(DIRECTIONS FOR THIS TASK):
Among the entries below, only the lines starting at the one with "at < piece.len()" and ending at the one with "fn piece_buffer(alloc: Global)", both included, are to be printed exactly.

• • • • • • •

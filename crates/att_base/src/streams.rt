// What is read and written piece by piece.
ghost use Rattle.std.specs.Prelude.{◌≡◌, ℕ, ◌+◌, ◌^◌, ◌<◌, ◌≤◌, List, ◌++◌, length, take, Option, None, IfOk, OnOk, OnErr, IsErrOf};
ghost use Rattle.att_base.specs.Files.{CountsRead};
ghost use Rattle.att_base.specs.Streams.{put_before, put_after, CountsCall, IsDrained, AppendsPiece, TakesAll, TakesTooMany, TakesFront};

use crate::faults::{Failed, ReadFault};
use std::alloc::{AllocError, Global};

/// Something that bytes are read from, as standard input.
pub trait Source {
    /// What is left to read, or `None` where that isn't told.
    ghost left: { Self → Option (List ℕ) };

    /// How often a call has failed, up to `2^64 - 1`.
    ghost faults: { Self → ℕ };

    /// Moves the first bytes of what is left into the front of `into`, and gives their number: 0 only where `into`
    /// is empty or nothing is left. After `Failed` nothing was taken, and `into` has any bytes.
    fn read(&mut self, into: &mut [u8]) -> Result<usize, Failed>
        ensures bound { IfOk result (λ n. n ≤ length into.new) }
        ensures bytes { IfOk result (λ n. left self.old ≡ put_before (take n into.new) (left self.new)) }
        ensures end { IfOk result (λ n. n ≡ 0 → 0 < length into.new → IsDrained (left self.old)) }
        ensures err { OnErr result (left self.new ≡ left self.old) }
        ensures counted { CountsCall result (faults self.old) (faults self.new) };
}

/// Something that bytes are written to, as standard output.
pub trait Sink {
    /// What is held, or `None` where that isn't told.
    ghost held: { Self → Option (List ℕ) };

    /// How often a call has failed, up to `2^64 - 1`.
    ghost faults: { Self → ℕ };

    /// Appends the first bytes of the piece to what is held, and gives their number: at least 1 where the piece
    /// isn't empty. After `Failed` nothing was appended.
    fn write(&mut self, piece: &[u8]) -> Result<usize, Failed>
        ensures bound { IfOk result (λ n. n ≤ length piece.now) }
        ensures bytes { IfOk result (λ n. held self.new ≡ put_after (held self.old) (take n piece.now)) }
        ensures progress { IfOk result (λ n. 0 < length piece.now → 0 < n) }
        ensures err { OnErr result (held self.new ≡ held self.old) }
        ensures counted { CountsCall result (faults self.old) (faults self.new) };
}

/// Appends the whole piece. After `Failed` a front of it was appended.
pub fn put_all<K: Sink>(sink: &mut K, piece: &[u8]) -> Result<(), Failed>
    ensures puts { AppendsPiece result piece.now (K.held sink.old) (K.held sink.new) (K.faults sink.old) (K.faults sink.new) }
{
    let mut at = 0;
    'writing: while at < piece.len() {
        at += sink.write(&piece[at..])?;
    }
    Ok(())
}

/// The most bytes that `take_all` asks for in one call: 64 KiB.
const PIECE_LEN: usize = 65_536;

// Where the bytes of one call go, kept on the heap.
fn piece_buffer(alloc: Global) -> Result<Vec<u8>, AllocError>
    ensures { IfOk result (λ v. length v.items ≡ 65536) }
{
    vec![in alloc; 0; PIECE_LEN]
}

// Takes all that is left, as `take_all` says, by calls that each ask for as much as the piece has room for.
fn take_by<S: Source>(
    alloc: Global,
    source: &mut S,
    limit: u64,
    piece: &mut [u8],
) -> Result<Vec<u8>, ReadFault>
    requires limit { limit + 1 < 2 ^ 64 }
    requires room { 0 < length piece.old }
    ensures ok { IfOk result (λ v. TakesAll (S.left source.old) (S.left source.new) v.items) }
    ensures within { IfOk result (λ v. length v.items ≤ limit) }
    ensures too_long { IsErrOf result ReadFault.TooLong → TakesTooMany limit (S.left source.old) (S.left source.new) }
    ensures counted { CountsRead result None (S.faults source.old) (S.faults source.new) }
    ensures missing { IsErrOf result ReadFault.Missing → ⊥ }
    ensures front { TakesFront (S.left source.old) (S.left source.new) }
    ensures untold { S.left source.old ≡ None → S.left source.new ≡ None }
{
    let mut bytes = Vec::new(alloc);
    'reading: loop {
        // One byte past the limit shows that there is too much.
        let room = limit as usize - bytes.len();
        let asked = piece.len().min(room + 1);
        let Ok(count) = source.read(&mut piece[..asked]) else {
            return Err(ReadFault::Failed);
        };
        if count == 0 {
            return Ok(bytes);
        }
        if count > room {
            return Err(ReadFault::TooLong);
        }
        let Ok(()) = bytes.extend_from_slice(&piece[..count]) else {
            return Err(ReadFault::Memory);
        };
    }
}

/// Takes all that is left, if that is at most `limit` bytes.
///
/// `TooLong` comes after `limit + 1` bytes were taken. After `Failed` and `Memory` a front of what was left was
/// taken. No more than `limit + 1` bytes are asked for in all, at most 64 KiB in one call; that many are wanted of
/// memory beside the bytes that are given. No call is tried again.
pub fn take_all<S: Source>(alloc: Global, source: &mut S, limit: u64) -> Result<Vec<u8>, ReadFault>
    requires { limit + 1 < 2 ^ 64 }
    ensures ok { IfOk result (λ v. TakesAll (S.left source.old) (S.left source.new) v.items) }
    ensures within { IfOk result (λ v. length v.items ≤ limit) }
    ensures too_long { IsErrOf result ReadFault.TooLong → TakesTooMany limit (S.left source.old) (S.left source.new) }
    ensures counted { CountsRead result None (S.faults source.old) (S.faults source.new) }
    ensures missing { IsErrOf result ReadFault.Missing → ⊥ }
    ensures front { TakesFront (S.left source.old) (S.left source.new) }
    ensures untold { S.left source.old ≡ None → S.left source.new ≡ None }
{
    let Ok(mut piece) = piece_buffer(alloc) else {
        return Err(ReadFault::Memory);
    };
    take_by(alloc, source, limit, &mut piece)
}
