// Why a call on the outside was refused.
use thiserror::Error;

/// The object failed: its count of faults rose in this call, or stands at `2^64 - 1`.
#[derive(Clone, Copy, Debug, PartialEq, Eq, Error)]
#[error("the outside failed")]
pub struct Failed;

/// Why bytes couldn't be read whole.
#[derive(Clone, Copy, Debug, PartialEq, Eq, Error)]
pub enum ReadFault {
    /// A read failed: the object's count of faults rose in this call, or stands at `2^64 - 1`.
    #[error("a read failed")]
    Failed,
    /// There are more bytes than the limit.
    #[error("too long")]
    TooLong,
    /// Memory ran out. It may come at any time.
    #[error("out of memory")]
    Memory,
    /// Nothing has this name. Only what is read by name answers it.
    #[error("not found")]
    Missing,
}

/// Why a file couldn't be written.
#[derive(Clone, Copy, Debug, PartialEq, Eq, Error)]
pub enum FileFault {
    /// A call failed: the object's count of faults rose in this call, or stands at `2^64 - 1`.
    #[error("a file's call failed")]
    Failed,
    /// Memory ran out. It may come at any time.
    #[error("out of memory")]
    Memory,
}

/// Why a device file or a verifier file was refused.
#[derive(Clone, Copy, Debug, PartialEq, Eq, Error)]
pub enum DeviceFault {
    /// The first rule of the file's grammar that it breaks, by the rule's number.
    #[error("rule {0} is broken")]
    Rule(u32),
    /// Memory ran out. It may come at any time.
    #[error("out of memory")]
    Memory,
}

• • • • • • •

(RESULT OF THIS TASK):
    'writing: while at < piece.len() {
        at += sink.write(&piece[at..])?;
    }
    Ok(())
}

/// The most bytes that `take_all` asks for in one call: 64 KiB.
const PIECE_LEN: usize = 65_536;

// Where the bytes of one call go, kept on the heap.
fn piece_buffer(alloc: Global) -> Result<Vec<u8>, AllocError>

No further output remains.